Try it –
Below are the records. Retype exactly the lines between the lines holding "that it shows." and "below the total.", inclusive.

Collected data entries

--- START ---

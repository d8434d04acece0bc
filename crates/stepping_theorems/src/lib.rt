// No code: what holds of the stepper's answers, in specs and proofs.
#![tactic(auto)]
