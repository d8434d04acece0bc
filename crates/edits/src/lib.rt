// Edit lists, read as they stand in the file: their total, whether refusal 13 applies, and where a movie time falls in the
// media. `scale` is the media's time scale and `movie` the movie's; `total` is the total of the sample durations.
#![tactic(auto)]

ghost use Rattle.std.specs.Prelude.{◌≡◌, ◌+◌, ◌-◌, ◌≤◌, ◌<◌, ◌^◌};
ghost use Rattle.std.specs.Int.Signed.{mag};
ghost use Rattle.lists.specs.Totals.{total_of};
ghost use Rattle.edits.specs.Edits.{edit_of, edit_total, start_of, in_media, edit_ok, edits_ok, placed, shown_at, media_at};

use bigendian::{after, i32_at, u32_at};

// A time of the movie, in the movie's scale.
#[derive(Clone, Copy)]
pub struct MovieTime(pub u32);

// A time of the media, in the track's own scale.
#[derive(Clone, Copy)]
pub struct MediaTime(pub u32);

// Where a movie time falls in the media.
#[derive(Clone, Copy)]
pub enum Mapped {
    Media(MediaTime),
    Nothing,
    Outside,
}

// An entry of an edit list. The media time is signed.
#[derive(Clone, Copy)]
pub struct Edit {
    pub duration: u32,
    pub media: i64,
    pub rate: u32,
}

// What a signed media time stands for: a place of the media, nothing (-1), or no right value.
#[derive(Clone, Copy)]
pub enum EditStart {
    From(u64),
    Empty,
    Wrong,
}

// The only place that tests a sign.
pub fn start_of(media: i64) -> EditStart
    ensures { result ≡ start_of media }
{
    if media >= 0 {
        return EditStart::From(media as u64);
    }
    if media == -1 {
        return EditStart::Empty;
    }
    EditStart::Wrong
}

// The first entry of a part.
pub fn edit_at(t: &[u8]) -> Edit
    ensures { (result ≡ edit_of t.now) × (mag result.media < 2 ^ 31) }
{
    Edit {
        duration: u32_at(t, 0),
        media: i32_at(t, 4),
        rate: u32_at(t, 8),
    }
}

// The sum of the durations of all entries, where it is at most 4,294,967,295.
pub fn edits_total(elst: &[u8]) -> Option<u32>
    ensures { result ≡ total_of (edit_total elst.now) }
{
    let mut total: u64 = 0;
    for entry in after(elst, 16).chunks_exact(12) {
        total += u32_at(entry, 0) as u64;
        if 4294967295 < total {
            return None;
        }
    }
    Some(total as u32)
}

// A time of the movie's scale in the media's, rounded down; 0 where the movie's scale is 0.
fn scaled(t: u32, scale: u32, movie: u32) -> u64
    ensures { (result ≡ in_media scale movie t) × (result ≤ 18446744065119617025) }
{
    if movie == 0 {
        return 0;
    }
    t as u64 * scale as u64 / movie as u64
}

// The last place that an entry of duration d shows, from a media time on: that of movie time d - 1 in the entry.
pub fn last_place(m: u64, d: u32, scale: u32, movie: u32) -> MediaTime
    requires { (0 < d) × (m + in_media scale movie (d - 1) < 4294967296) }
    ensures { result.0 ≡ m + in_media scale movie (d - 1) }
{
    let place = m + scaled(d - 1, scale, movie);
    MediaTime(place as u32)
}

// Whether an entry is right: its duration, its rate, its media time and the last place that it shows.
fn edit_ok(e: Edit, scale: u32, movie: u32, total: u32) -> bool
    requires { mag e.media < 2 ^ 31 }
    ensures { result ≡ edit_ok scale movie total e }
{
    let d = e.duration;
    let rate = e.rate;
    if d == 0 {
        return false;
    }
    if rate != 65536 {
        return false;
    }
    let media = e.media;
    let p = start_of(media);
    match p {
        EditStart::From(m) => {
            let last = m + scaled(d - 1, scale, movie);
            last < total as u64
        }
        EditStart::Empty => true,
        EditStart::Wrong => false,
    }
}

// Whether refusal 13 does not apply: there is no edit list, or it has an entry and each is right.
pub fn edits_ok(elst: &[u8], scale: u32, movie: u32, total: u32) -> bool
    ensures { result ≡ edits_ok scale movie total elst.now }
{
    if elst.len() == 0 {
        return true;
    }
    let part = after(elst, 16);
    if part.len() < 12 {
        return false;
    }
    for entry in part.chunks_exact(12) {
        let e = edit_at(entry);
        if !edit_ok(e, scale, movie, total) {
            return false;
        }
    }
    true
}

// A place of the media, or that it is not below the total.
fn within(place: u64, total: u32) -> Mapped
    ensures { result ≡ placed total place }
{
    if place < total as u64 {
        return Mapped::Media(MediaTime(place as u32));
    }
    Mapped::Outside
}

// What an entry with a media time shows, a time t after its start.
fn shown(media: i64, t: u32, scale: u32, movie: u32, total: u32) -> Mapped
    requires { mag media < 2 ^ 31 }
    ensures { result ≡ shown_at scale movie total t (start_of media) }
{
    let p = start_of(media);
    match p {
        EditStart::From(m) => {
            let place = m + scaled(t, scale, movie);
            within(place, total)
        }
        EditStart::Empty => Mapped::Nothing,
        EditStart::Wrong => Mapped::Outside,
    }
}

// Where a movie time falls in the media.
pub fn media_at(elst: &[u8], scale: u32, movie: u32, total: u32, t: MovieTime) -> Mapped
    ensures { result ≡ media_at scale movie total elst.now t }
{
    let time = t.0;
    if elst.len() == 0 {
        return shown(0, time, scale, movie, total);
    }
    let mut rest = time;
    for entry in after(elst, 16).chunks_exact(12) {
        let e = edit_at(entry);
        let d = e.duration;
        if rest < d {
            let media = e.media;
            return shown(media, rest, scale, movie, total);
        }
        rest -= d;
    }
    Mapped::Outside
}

--- END ---

Final answer –
// Whether an entry is right: its duration, its rate, its media time and the last place that it shows.
fn edit_ok(e: Edit, scale: u32, movie: u32, total: u32) -> bool
    requires { mag e.media < 2 ^ 31 }
    ensures { result ≡ edit_ok scale movie total e }
{
    let d = e.duration;
    let rate = e.rate;
    if d == 0 {
        return false;
    }
    if rate != 65536 {
        return false;
    }
    let media = e.media;
    let p = start_of(media);
    match p {
        EditStart::From(m) => {
            let last = m + scaled(d - 1, scale, movie);
            last < total as u64
        }
        EditStart::Empty => true,
        EditStart::Wrong => false,
    }
}

// Whether refusal 13 does not apply: there is no edit list, or it has an entry and each is right.
pub fn edits_ok(elst: &[u8], scale: u32, movie: u32, total: u32) -> bool
    ensures { result ≡ edits_ok scale movie total elst.now }
{
    if elst.len() == 0 {
        return true;
    }
    let part = after(elst, 16);
    if part.len() < 12 {
        return false;
    }
    for entry in part.chunks_exact(12) {
        let e = edit_at(entry);
        if !edit_ok(e, scale, movie, total) {
            return false;
        }
    }
    true
}

// A place of the media, or that it is not below the total.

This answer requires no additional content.